Task to carry out — Among the entries below, how many lines include "else"? Answer with the number only.

Extracted material —
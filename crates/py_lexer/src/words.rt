//! Keywords, names and numbers.

ghost use Rattle.std.specs.Prelude.{◌≡◌, ◌∷◌, ◌≤◌, ◌<◌, length, take, IfOk, IsTrue, Some, None, encode_utf8_all};
ghost use Rattle.rv_names.specs.Identifier.{is_identifier_start, is_identifier_continue, is_spelled_as_identifier};
ghost use Rattle.py_lexer.specs.Words.{next_is, IsNarrow, word_by, word_of, word_len, word, number_of, number_by, number};

use crate::chars::{may_continue_name, name_len};
use crate::keywords::keyword_of;
use crate::piece::Lexeme;
use crate::spellings::{Spellings, spell};
use crate::token::{Kind, LexKind, Value};
use py_literals::number::{NumberValue, number};
use rv_names::{Memory, Name, NameFault};
use std::alloc::Global;

/// The name of this spelling.
fn read_name(alloc: Global, text: &[char], spelled: &str) -> Result<Lexeme, Memory>
    requires identifier { IsTrue (is_spelled_as_identifier text.now) }
    requires same { spelled.now ≡ encode_utf8_all text.now }
    ensures { IfOk result (λ lexeme. lexeme ≡ word_by (length text.now) text.now None) }
{
    match Name::read(alloc, spelled) {
        Ok(name) => Ok(Lexeme::Spelled(text.len(), Kind::Name, Value::Name(name))),
        Err(NameFault::NotIdent) => Ok(Lexeme::Refused(LexKind::NotNormal, 0)),
        Err(NameFault::Memory) => Err(Memory),
    }
}

fn name_of(alloc: Global, spellings: &mut Spellings, text: &[char]) -> Result<Lexeme, Memory>
    requires { IsTrue (is_spelled_as_identifier text.now) }
    ensures { IfOk result (λ lexeme. lexeme ≡ word_by (length text.now) text.now None) }
{
    if let Some(name) = Name::ascii(text) {
        return Ok(Lexeme::Spelled(text.len(), Kind::Name, Value::Name(name)));
    }
    spell(alloc, &mut spellings.room, text)?;
    read_name(alloc, text, spellings.room.as_str())
}

fn word_of(alloc: Global, spellings: &mut Spellings, text: &[char]) -> Result<Lexeme, Memory>
    requires { IsTrue (is_spelled_as_identifier text.now) }
    ensures { IfOk result (λ lexeme. lexeme ≡ word_of (length text.now) text.now) }
{
    match keyword_of(text) {
        Some(keyword) => Ok(Lexeme::Spelled(text.len(), keyword, Value::Nothing)),
        None => name_of(alloc, spellings, text),
    }
}

/// The keyword or name that begins with a letter here.
pub fn word(
    alloc: Global,
    spellings: &mut Spellings,
    first: char,
    rest: &[char],
    chars: &[char],
) -> Result<Lexeme, Memory>
    requires parts { chars.now ≡ first ∷ rest.now }
    requires letter { IsTrue (is_identifier_start first) }
    ensures { IfOk result (λ lexeme. lexeme ≡ word chars.now) }
{
    let len = 1 + name_len(rest);
    let (text, _) = chars.split_at(len);
    word_of(alloc, spellings, text)
}

fn continues(chars: &[char]) -> bool
    ensures { result ≡ next_is is_identifier_continue chars.now }
{
    match chars {
        [] => false,
        [c, ..] => may_continue_name(*c),
    }
}

fn number_of(len: usize, value: NumberValue) -> Lexeme
    requires { IsNarrow value }
    ensures { result ≡ number_of len value }
{
    match value {
        NumberValue::Whole(value) => Lexeme::Spelled(
            len,
            Kind::Number,
            Value::Whole(value as i128),
        ),
        NumberValue::Wide => Lexeme::Refused(LexKind::WideNumber, 0),
        NumberValue::Float => Lexeme::Spelled(len, Kind::Float, Value::Nothing),
    }
}

/// The number that begins with a digit, or with a point and a digit, here.
pub fn number_front(chars: &[char]) -> Lexeme
    ensures { result ≡ number chars.now }
{
    match number(chars) {
        None => Lexeme::Refused(LexKind::BadNumber, 0),
        Some(front) => {
            let (_, rest) = chars.split_at(front.len);
            if continues(rest) {
                Lexeme::Refused(LexKind::BadNumber, 0)
            } else {
                number_of(front.len, front.value)
            }
        }
    }
}
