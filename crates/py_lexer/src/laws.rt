//! Laws of tokens.

ghost use Rattle.std.specs.Prelude.{List, ℕ};
ghost use Rattle.py_lexer.specs.declared.token.Token.{Token};
ghost use Rattle.py_lexer.specs.Runs.{first_place, HasTokens};
ghost use Rattle.py_lexer.specs.Source.{source_chars};
ghost use Rattle.py_lexer.specs.Laws.{HasOneAnswer};
ghost use Rattle.py_lexer.specs.Layout.{IsInOrder, IsLaidOut, IsMatchedLongest};

/// Each text has one list of tokens, or else one fault.
pub fn one_answer()
    ensures { (text : List ℕ) → HasOneAnswer text }
{}

/// A text's tokens stand in it in order of place, each where its characters do, and spelled by them; between them stand
/// white space, comments, joined lines and line ends alone (Language Reference, 2.1).
pub fn layout()
    ensures in_order { (text : List ℕ) (tokens : List Token) → HasTokens text tokens → IsInOrder first_place tokens }
    ensures laid_out { (text : List ℕ) (tokens : List Token) → HasTokens text tokens → IsLaidOut first_place (source_chars text) tokens }
{}

/// So they do, and each word, number, string and operator is the longest possible: no longer front of the text at its place
/// is a legal token (Language Reference, 2.1). Of the layout of lines and the parts of formatted strings only `layout` speaks.
pub fn longest()
    ensures { (text : List ℕ) (tokens : List Token) → HasTokens text tokens → IsMatchedLongest first_place (source_chars text) tokens }
{}
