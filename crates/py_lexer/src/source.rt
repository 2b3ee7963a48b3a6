//! A text as its lexical analysis reads it.

ghost use Rattle.std.specs.Prelude.{◌≡◌, ◌≤◌, ◌==◌, length, IfOk, IsTrue, chars, false};
ghost use Rattle.std.specs.List.{list_all, list_any};
ghost use Rattle.py_lexer.specs.Source.{line_ends, without_mark, source_chars, is_plain};

use rv_names::Memory;
use std::alloc::{AllocError, Global};

fn is_plain_byte(byte: u8) -> bool
    ensures { result ≡ is_plain byte }
{
    (byte < 128) & (byte != b'\r')
}

/// Whether all are bytes of ASCII other than CR. It looks at each, which is faster than to stop at the first.
fn are_plain(bytes: &[u8]) -> bool
    ensures { result ≡ list_all is_plain bytes.now }
{
    let mut plain = true;
    for byte in bytes {
        plain &= is_plain_byte(*byte);
    }
    plain
}

/// The characters of bytes of ASCII, in this room.
fn widened(room: Vec<char>, bytes: &[u8]) -> Result<Vec<char>, AllocError>
    ensures same { IfOk result (λ v. v.items ≡ bytes.now) }
{
    let mut chars = room;
    chars.clear();
    chars.reserve(bytes.len())?;
    for byte in bytes {
        chars.push_reserved(*byte as char);
    }
    Ok(chars)
}

/// The characters of a text, in this room.
fn chars_of(room: Vec<char>, text: &str) -> Result<Vec<char>, AllocError>
    ensures same { IfOk result (λ v. v.items ≡ chars text.now) }
    ensures short { IfOk result (λ v. length v.items ≤ length text.now) }
{
    let mut chars = room;
    chars.clear();
    chars.reserve(text.len())?;
    chars.extend(text.chars())?;
    Ok(chars)
}

fn without_mark(chars: &[char]) -> &[char]
    ensures value { result.now ≡ without_mark chars.now }
    ensures short { length result.now ≤ length chars.now }
{
    match chars {
        ['\u{feff}', rest @ ..] => rest,
        _ => chars,
    }
}

/// Whether one of the characters is a CR. It looks at each, which is faster than to stop at the first.
fn has_return(chars: &[char]) -> bool
    ensures { result ≡ list_any (λ c. c == 13) chars.now }
{
    let mut found = false;
    for c in chars {
        found |= *c == '\r';
    }
    found
}

fn has_mark(chars: &[char]) -> bool
    ensures { result ≡ false → without_mark chars.now ≡ chars.now }
{
    matches!(chars, ['\u{feff}', ..])
}

/// Whether nothing changes where the characters are read: most texts have neither a byte order mark nor a CR.
#[tactic(auto, using(crate::proofs::Unchanged::read_as_it_is))]
fn is_read_as_it_is(chars: &[char]) -> bool
    ensures { IsTrue result → source_chars chars.now ≡ chars.now }
{
    !has_mark(chars) && !has_return(chars)
}

fn line_ends(alloc: Global, chars: &[char]) -> Result<Vec<char>, Memory>
    ensures same { IfOk result (λ v. v.items ≡ line_ends false chars.now) }
    ensures short { IfOk result (λ v. length v.items ≤ length chars.now) }
{
    let mut read = Vec::new(alloc);
    let mut behind_cr = false;
    for c in chars {
        if *c == '\r' {
            read.push('\n')?;
            behind_cr = true;
        } else if behind_cr && *c == '\n' {
            behind_cr = false;
        } else {
            read.push(*c)?;
            behind_cr = false;
        }
    }
    Ok(read)
}

/// The characters of a text without the byte order mark at its start, each line end (CR LF, CR or LF) as one LF
/// (Language Reference, 2.1.2 and 2.1.4). They stand in this room, if no CR and no mark is left out. Linear in the text.
#[tactic(auto, using(crate::proofs::Unchanged::plain_source))]
pub fn source_chars(alloc: Global, room: Vec<char>, text: &str) -> Result<Vec<char>, Memory>
    ensures same { IfOk result (λ v. v.items ≡ source_chars (chars text.now)) }
    ensures short { IfOk result (λ v. length v.items ≤ length text.now) }
{
    if are_plain(text.as_bytes()) {
        return Ok(widened(room, text.as_bytes())?);
    }
    let chars = chars_of(room, text)?;
    if is_read_as_it_is(&chars) {
        Ok(chars)
    } else {
        line_ends(alloc, without_mark(&chars))
    }
}
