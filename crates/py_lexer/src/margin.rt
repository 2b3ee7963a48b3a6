//! Blank lines and indentation.

ghost use Rattle.std.specs.Prelude.{◌≡◌, ◌∷◌, ◌≤◌, ◌<◌, ◌+◌, ◌^◌, length, drop, IfOk};
ghost use Rattle.std.specs.List.{prefix_len};
ghost use Rattle.py_lexer.specs.Front.{front_of, Bad};
ghost use Rattle.py_lexer.specs.Inside.{inside};
ghost use Rattle.py_lexer.specs.declared.state.State.{State};
ghost use Rattle.py_lexer.specs.Margin.{gap_len, is_form_feed, feeds_len, indent_of, white_of, is_of, column_of, indented, margin_by, margin, is_open, bad_dedent, indentation};

use crate::chars::{is_white, line_len, white_len};
use crate::inside::inside;
use crate::piece::Piece;
use crate::spellings::Spellings;
use crate::stack::Blocks;
use crate::state::{Mode, State, White};
use crate::token::{Kind, LexKind, Value};
use py_literals::place::Pos;
use rv_names::Memory;
use std::alloc::Global;

/// How much white space, and how many joins of lines, stand at the front.
fn gap_len(chars: &[char]) -> usize
    ensures value { result ≡ gap_len chars.now }
    ensures within { result ≤ length chars.now }
{
    let mut rest = chars;
    let mut len = 0;
    'gap: loop {
        match rest {
            ['\\', '\n', after @ ..] => {
                rest = after;
                len += 2;
            }
            [c, after @ ..] if is_white(*c) => {
                rest = after;
                len += 1;
            }
            _ => return len,
        }
    }
}

fn feeds_len(chars: &[char]) -> usize
    ensures value { result ≡ feeds_len chars.now }
    ensures within { result ≤ length chars.now }
{
    chars.iter().take_while(|c| **c == '\x0c').count()
}

fn white_of(white: Option<White>, indent: &[char]) -> Option<White>
    ensures { result ≡ white_of white indent.now }
{
    match white {
        Some(white) => Some(white),
        None => match indent {
            [] => None,
            ['\t', ..] => Some(White::Tabs),
            _ => Some(White::Spaces),
        },
    }
}

fn is_of(white: Option<White>, c: char) -> bool
    ensures { result ≡ is_of white c }
{
    match white {
        None => false,
        Some(White::Spaces) => c == ' ',
        Some(White::Tabs) => c == '\t',
    }
}

fn alike_len(white: Option<White>, indent: &[char]) -> usize
    ensures value { result ≡ prefix_len (is_of white) indent.now }
    ensures within { result ≤ length indent.now }
{
    indent.iter().take_while(|c| is_of(white, **c)).count()
}

fn column_of(white: Option<White>, count: usize) -> usize
    requires { count < 2 ^ 60 }
    ensures { result ≡ column_of white count }
{
    match white {
        Some(White::Tabs) => 8 * count,
        _ => count,
    }
}

/// The first token of a line stands behind so much white space and so many joins.
fn indented(state: &mut State, gap: usize, feeds: usize, indent: &[char]) -> Piece
    requires short { length indent.now < 2 ^ 60 }
    requires within { feeds + length indent.now < 2 ^ 63 }
    ensures { front_of result state.new ≡ indented state.old gap feeds indent.now (white_of state.old.white indent.now) }
{
    let white = white_of(state.white, indent);
    let alike = alike_len(white, indent);
    if alike < indent.len() {
        return Piece::Bad(LexKind::MixedIndent, feeds + alike);
    }
    state.mode = Mode::Indented(column_of(white, indent.len()));
    state.white = white;
    Piece::Passed(gap)
}

fn first_token(state: &mut State, gap: usize, chars: &[char]) -> Piece
    requires { length chars.now < 2 ^ 60 }
    ensures { front_of result state.new ≡ indented state.old gap (feeds_len chars.now) (indent_of chars.now) (white_of state.old.white (indent_of chars.now)) }
{
    let feeds = feeds_len(chars);
    let (_, line) = chars.split_at(feeds);
    let (indent, _) = line.split_at(white_len(line));
    indented(state, gap, feeds, indent)
}

/// What stands on a line behind the white space and joins at its beginning.
fn margin_line(state: &mut State, gap: usize, chars: &[char], first: char, rest: &[char]) -> Piece
    requires short { length chars.now < 2 ^ 60 }
    requires within { gap + length rest.now < 2 ^ 60 }
    ensures { front_of result state.new ≡ margin_by state.old gap chars.now (first ∷ rest.now) }
{
    if first == '\n' {
        Piece::Passed(gap + 1)
    } else if first == '#' {
        Piece::Passed(gap + (1 + line_len(rest)))
    } else {
        first_token(state, gap, chars)
    }
}

/// What stands where a logical line begins: a blank line or a comment, or the indentation of its first token
/// (Language Reference, 2.1.7 and 2.1.8).
pub fn margin(state: &mut State, chars: &[char]) -> Piece
    requires { length chars.now < 2 ^ 60 }
    ensures { front_of result state.new ≡ margin state.old chars.now }
{
    let gap = gap_len(chars);
    let (_, line) = chars.split_at(gap);
    match line {
        [] => Piece::Passed(gap),
        [first, rest @ ..] => margin_line(state, gap, chars, *first, rest),
    }
}

fn is_open(blocks: &Blocks, column: usize) -> bool
    ensures { result ≡ is_open blocks.now column }
{
    column == 0 || blocks.has(column)
}

/// What stands at the first token of a line, in this column: the beginning of a block, the end of one, or no change
/// (Language Reference, 2.1.8).
pub fn indentation(
    alloc: Global,
    spellings: &mut Spellings,
    at: Pos,
    state: &mut State,
    column: usize,
    first: char,
    rest: &[char],
    chars: &[char],
) -> Result<Piece, Memory>
    requires { chars.now ≡ first ∷ rest.now }
    ensures { IfOk result (λ p. front_of p state.new ≡ indentation at state.old column first rest.now) }
{
    let top = state.blocks.top();
    if column == top {
        state.mode = Mode::Inside;
        Ok(Piece::Passed(0))
    } else if top < column {
        state.blocks.open(column)?;
        state.mode = Mode::Inside;
        Ok(Piece::Found(0, Kind::Indent, Value::Nothing))
    } else if is_open(&state.blocks, column) {
        let _closed = state.blocks.close();
        Ok(Piece::Found(0, Kind::Dedent, Value::Nothing))
    } else {
        bad_dedent(alloc, spellings, at, state, first, rest, chars)
    }
}

fn bad_dedent(
    alloc: Global,
    spellings: &mut Spellings,
    at: Pos,
    state: &mut State,
    first: char,
    rest: &[char],
    chars: &[char],
) -> Result<Piece, Memory>
    requires { chars.now ≡ first ∷ rest.now }
    ensures { IfOk result (λ p. front_of p state.new ≡ bad_dedent (inside at state.old first rest.now)) }
{
    let piece = inside(alloc, spellings, at, state, first, rest, chars)?;
    Ok(dedent_fault(piece))
}

/// The fault of a line's column, where this piece stands at its first token: a character that begins no token is told
/// before it.
fn dedent_fault(piece: Piece) -> Piece
    ensures { (s t : State) → front_of result s ≡ bad_dedent (front_of piece t) }
{
    match piece {
        Piece::Bad(kind, ahead) => char_or_dedent(kind, ahead),
        Piece::Found(_, _, _) => Piece::Bad(LexKind::BadDedent, 0),
        Piece::Passed(_) => Piece::Bad(LexKind::BadDedent, 0),
        Piece::Unclosed(_) => Piece::Bad(LexKind::BadDedent, 0),
        Piece::Over => Piece::Bad(LexKind::BadDedent, 0),
    }
}

fn char_or_dedent(kind: LexKind, ahead: usize) -> Piece
    ensures { (s : State) → front_of result s ≡ bad_dedent (Bad kind ahead) }
{
    match kind {
        LexKind::BadChar => Piece::Bad(LexKind::BadChar, ahead),
        _ => Piece::Bad(LexKind::BadDedent, 0),
    }
}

Result below — 10